Exercise data below:

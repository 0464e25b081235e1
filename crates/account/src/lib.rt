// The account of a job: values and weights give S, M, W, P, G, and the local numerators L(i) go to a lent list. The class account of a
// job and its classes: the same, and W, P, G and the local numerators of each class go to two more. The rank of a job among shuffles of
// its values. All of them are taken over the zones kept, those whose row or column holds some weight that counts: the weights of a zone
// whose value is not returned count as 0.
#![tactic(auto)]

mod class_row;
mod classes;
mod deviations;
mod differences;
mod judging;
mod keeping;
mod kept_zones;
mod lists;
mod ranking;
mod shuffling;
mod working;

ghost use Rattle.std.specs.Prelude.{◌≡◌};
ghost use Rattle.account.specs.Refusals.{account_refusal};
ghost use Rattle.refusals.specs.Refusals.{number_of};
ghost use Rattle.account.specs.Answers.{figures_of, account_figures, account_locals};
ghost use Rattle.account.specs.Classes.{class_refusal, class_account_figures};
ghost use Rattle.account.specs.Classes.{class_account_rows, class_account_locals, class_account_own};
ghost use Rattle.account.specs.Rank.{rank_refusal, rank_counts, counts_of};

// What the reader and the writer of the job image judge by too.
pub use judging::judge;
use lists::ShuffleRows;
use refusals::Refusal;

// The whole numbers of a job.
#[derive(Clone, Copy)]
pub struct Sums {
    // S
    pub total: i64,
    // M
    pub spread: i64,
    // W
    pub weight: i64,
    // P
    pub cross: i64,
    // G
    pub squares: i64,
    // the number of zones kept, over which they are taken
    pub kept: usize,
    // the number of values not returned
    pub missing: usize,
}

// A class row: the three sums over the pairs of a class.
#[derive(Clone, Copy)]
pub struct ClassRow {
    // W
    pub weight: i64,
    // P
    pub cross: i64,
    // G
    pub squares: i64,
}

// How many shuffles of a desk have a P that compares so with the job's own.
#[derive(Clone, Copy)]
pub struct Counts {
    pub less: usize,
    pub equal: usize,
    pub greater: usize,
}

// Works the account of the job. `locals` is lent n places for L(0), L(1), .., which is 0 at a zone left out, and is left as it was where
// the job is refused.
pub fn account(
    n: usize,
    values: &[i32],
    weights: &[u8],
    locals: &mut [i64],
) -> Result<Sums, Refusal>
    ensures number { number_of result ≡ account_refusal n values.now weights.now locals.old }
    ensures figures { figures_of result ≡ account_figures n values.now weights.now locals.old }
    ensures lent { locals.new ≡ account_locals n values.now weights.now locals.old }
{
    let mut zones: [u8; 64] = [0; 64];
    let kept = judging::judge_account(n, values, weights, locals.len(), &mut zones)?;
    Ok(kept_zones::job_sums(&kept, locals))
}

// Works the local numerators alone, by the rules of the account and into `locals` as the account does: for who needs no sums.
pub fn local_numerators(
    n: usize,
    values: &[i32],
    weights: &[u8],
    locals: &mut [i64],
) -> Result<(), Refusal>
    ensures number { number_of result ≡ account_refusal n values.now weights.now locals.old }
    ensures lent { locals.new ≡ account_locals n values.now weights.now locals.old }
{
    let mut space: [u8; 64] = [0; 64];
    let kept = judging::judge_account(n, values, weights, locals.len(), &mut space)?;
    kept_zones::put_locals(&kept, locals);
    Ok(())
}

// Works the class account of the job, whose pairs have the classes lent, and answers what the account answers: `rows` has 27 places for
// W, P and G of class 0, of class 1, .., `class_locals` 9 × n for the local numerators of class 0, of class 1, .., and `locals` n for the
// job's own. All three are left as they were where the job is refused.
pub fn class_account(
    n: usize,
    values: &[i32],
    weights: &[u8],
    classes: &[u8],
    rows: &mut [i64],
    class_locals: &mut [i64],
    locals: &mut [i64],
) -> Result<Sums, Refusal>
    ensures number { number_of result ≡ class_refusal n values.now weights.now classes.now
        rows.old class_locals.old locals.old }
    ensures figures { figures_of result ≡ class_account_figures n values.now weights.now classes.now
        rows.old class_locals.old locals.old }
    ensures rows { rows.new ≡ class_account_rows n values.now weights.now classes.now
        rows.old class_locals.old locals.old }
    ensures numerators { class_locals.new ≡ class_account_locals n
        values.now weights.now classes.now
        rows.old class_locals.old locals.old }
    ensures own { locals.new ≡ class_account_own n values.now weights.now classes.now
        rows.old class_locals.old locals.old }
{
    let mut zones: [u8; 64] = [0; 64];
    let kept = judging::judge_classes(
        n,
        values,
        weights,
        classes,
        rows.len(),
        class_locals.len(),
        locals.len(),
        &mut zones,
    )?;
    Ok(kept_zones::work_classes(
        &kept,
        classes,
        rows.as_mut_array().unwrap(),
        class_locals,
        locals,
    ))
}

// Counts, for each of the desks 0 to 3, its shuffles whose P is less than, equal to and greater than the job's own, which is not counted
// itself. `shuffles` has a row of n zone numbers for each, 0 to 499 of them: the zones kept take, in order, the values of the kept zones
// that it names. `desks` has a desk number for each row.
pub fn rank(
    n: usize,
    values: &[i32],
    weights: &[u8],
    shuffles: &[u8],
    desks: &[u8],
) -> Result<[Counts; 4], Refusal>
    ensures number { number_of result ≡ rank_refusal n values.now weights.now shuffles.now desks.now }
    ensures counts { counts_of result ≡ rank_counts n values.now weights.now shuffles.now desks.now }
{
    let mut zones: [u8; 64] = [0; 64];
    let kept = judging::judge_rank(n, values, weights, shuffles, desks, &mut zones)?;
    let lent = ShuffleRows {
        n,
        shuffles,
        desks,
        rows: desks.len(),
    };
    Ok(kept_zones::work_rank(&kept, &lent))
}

End of Exercise data.
Exercise data below:

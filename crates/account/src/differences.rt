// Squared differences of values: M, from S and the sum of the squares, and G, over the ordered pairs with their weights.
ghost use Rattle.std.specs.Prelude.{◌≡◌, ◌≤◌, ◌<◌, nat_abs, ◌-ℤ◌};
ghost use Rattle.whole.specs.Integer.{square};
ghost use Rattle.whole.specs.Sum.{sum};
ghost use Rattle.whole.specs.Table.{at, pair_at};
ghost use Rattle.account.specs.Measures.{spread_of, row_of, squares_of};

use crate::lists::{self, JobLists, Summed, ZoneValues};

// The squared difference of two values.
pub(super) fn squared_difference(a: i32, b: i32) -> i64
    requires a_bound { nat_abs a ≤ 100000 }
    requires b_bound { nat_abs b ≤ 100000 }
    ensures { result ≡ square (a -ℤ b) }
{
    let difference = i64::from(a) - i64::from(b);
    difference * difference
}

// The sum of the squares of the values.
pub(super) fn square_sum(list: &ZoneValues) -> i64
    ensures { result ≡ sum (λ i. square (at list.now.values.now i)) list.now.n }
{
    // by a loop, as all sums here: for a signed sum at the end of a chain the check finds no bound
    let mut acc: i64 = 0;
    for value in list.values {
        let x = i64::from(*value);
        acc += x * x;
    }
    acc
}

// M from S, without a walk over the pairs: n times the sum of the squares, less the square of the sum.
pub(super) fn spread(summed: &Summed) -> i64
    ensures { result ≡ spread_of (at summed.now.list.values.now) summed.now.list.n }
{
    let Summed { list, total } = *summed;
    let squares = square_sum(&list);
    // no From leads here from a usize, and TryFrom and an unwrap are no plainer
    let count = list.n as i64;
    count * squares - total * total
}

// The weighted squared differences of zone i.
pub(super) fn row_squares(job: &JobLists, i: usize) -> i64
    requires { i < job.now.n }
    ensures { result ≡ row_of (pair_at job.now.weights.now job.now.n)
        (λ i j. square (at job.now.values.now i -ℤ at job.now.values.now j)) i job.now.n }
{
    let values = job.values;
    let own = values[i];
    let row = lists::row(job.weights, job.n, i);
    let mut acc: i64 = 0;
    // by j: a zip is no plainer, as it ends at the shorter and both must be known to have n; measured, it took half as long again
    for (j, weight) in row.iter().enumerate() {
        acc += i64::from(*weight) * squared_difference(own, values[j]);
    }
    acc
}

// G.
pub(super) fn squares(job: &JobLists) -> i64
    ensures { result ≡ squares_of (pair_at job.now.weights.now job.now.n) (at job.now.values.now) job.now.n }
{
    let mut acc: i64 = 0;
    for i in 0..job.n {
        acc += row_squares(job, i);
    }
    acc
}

End of Exercise data.

#### [Exercise brief]
Lines above that have "unwrap": copy each of them.

#### [Exercise answer]
        rows.as_mut_array().unwrap(),
    // no From leads here from a usize, and TryFrom and an unwrap are no plainer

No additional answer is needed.